Exercise description - Print the listing once more, exactly as written.

..........

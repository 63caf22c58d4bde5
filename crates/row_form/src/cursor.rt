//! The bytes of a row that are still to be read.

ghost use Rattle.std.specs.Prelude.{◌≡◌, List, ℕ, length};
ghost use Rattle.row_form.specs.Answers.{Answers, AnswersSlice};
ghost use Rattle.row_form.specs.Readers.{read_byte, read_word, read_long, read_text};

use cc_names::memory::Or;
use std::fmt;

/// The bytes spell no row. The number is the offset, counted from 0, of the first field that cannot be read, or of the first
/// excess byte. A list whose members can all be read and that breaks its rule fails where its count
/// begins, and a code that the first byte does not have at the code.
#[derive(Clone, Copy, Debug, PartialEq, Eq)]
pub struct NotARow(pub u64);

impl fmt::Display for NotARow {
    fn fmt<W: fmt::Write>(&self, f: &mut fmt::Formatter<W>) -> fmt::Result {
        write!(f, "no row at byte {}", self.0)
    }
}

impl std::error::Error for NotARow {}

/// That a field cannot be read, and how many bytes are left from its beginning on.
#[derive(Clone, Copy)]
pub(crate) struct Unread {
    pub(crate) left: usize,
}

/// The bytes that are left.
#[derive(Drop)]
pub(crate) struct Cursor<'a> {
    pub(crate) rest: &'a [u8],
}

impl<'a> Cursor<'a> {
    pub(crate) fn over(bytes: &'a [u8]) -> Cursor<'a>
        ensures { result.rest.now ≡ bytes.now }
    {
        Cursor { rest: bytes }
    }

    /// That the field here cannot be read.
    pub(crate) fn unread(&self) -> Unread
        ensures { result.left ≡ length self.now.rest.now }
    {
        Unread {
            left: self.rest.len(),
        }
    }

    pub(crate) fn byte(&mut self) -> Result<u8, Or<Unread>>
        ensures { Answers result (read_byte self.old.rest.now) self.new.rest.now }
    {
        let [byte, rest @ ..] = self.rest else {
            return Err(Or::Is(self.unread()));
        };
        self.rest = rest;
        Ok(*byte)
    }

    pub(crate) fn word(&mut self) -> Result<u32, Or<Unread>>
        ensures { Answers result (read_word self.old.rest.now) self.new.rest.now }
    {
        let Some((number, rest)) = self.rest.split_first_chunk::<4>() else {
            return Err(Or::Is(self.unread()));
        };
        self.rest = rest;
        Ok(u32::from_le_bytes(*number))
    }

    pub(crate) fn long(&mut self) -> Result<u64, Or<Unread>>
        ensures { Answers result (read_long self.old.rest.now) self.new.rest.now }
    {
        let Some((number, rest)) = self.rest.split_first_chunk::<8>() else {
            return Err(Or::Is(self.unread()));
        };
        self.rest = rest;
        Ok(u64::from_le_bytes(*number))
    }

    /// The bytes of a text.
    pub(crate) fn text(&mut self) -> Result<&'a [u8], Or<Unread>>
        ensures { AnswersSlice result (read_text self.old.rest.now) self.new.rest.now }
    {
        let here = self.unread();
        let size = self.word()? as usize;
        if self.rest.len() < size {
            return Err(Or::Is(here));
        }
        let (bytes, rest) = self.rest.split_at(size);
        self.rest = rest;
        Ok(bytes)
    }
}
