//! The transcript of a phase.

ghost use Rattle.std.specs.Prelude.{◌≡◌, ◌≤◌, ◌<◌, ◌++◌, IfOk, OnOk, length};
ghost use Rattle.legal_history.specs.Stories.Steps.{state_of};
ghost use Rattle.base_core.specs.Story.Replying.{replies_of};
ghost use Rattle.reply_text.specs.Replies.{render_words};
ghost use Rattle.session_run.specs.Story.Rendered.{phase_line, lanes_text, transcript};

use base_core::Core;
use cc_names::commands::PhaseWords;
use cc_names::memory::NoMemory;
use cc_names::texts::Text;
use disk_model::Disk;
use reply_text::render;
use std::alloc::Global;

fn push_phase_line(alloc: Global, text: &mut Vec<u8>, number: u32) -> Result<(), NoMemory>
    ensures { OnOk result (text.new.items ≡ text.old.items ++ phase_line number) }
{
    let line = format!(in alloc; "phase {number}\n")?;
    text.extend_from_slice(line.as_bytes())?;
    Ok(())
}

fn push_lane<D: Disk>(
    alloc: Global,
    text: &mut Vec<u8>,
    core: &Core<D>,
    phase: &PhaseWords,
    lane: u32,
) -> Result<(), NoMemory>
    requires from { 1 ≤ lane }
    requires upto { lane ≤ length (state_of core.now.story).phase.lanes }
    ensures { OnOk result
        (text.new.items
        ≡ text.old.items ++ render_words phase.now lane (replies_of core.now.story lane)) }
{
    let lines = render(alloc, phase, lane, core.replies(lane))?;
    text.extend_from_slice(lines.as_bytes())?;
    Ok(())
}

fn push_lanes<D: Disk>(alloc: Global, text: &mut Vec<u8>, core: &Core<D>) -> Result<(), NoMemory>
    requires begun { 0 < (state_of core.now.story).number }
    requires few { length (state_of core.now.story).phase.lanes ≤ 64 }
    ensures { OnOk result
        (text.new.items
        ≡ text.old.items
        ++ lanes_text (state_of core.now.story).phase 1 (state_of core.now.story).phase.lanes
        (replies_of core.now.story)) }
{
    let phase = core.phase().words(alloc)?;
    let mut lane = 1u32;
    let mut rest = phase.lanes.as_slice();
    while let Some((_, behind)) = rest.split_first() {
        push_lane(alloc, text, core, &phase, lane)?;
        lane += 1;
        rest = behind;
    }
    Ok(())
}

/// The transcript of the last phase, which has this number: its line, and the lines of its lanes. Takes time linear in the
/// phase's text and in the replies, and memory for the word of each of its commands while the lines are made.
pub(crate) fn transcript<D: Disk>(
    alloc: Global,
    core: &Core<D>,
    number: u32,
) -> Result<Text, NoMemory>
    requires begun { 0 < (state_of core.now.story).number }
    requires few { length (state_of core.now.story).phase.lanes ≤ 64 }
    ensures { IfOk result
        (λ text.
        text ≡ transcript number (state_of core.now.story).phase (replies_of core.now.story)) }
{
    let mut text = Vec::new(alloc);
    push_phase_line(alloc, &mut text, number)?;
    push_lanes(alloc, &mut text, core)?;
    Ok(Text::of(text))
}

..........

Written solution -
repository 63caf22c58d4bde5
filename crates/row_form/src/cursor.rt
//! The bytes of a row that are still to be read.

ghost use Rattle.std.specs.Prelude.{◌≡◌, List, ℕ, length};
ghost use Rattle.row_form.specs.Answers.{Answers, AnswersSlice};
ghost use Rattle.row_form.specs.Readers.{read_byte, read_word, read_long, read_text};

use cc_names::memory::Or;
use std::fmt;

/// The bytes spell no row. The number is the offset, counted from 0, of the first field that cannot be read, or of the first
/// excess byte. A list whose members can all be read and that breaks its rule fails where its count
/// begins, and a code that the first byte does not have at the code.
#[derive(Clone, Copy, Debug, PartialEq, Eq)]
pub struct NotARow(pub u64);

impl fmt::Display for NotARow {
    fn fmt<W: fmt::Write>(&self, f: &mut fmt::Formatter<W>) -> fmt::Result {
        write!(f, "no row at byte {}", self.0)
    }
}

impl std::error::Error for NotARow {}

/// That a field cannot be read, and how many bytes are left from its beginning on.
#[derive(Clone, Copy)]
pub(crate) struct Unread {
    pub(crate) left: usize,
}

/// The bytes that are left.
#[derive(Drop)]
pub(crate) struct Cursor<'a> {
    pub(crate) rest: &'a [u8],
}

impl<'a> Cursor<'a> {
    pub(crate) fn over(bytes: &'a [u8]) -> Cursor<'a>
        ensures { result.rest.now ≡ bytes.now }
    {
        Cursor { rest: bytes }
    }

    /// That the field here cannot be read.
    pub(crate) fn unread(&self) -> Unread
        ensures { result.left ≡ length self.now.rest.now }
    {
        Unread {
            left: self.rest.len(),
        }
    }

    pub(crate) fn byte(&mut self) -> Result<u8, Or<Unread>>
        ensures { Answers result (read_byte self.old.rest.now) self.new.rest.now }
    {
        let [byte, rest @ ..] = self.rest else {
            return Err(Or::Is(self.unread()));
        };
        self.rest = rest;
        Ok(*byte)
    }

    pub(crate) fn word(&mut self) -> Result<u32, Or<Unread>>
        ensures { Answers result (read_word self.old.rest.now) self.new.rest.now }
    {
        let Some((number, rest)) = self.rest.split_first_chunk::<4>() else {
            return Err(Or::Is(self.unread()));
        };
        self.rest = rest;
        Ok(u32::from_le_bytes(*number))
    }

    pub(crate) fn long(&mut self) -> Result<u64, Or<Unread>>
        ensures { Answers result (read_long self.old.rest.now) self.new.rest.now }
    {
        let Some((number, rest)) = self.rest.split_first_chunk::<8>() else {
            return Err(Or::Is(self.unread()));
        };
        self.rest = rest;
        Ok(u64::from_le_bytes(*number))
    }

    /// The bytes of a text.
    pub(crate) fn text(&mut self) -> Result<&'a [u8], Or<Unread>>
        ensures { AnswersSlice result (read_text self.old.rest.now) self.new.rest.now }
    {
        let here = self.unread();
        let size = self.word()? as usize;
        if self.rest.len() < size {
            return Err(Or::Is(here));
        }
        let (bytes, rest) = self.rest.split_at(size);
        self.rest = rest;
        Ok(bytes)
    }
}
//! The transcript of a phase.

ghost use Rattle.std.specs.Prelude.{◌≡◌, ◌≤◌, ◌<◌, ◌++◌, IfOk, OnOk, length};
ghost use Rattle.legal_history.specs.Stories.Steps.{state_of};
ghost use Rattle.base_core.specs.Story.Replying.{replies_of};
ghost use Rattle.reply_text.specs.Replies.{render_words};
ghost use Rattle.session_run.specs.Story.Rendered.{phase_line, lanes_text, transcript};

use base_core::Core;
use cc_names::commands::PhaseWords;
use cc_names::memory::NoMemory;
use cc_names::texts::Text;
use disk_model::Disk;
use reply_text::render;
use std::alloc::Global;

fn push_phase_line(alloc: Global, text: &mut Vec<u8>, number: u32) -> Result<(), NoMemory>
    ensures { OnOk result (text.new.items ≡ text.old.items ++ phase_line number) }
{
    let line = format!(in alloc; "phase {number}\n")?;
    text.extend_from_slice(line.as_bytes())?;
    Ok(())
}

fn push_lane<D: Disk>(
    alloc: Global,
    text: &mut Vec<u8>,
    core: &Core<D>,
    phase: &PhaseWords,
    lane: u32,
) -> Result<(), NoMemory>
    requires from { 1 ≤ lane }
    requires upto { lane ≤ length (state_of core.now.story).phase.lanes }
    ensures { OnOk result
        (text.new.items
        ≡ text.old.items ++ render_words phase.now lane (replies_of core.now.story lane)) }
{
    let lines = render(alloc, phase, lane, core.replies(lane))?;
    text.extend_from_slice(lines.as_bytes())?;
    Ok(())
}

fn push_lanes<D: Disk>(alloc: Global, text: &mut Vec<u8>, core: &Core<D>) -> Result<(), NoMemory>
    requires begun { 0 < (state_of core.now.story).number }
    requires few { length (state_of core.now.story).phase.lanes ≤ 64 }
    ensures { OnOk result
        (text.new.items
        ≡ text.old.items
        ++ lanes_text (state_of core.now.story).phase 1 (state_of core.now.story).phase.lanes
        (replies_of core.now.story)) }
{
    let phase = core.phase().words(alloc)?;
    let mut lane = 1u32;
    let mut rest = phase.lanes.as_slice();
    while let Some((_, behind)) = rest.split_first() {
        push_lane(alloc, text, core, &phase, lane)?;
        lane += 1;
        rest = behind;
    }
    Ok(())
}

/// The transcript of the last phase, which has this number: its line, and the lines of its lanes. Takes time linear in the
/// phase's text and in the replies, and memory for the word of each of its commands while the lines are made.
pub(crate) fn transcript<D: Disk>(
    alloc: Global,
    core: &Core<D>,
    number: u32,
) -> Result<Text, NoMemory>
    requires begun { 0 < (state_of core.now.story).number }
    requires few { length (state_of core.now.story).phase.lanes ≤ 64 }
    ensures { IfOk result
        (λ text.
        text ≡ transcript number (state_of core.now.story).phase (replies_of core.now.story)) }
{
    let mut text = Vec::new(alloc);
    push_phase_line(alloc, &mut text, number)?;
    push_lanes(alloc, &mut text, core)?;
    Ok(Text::of(text))
}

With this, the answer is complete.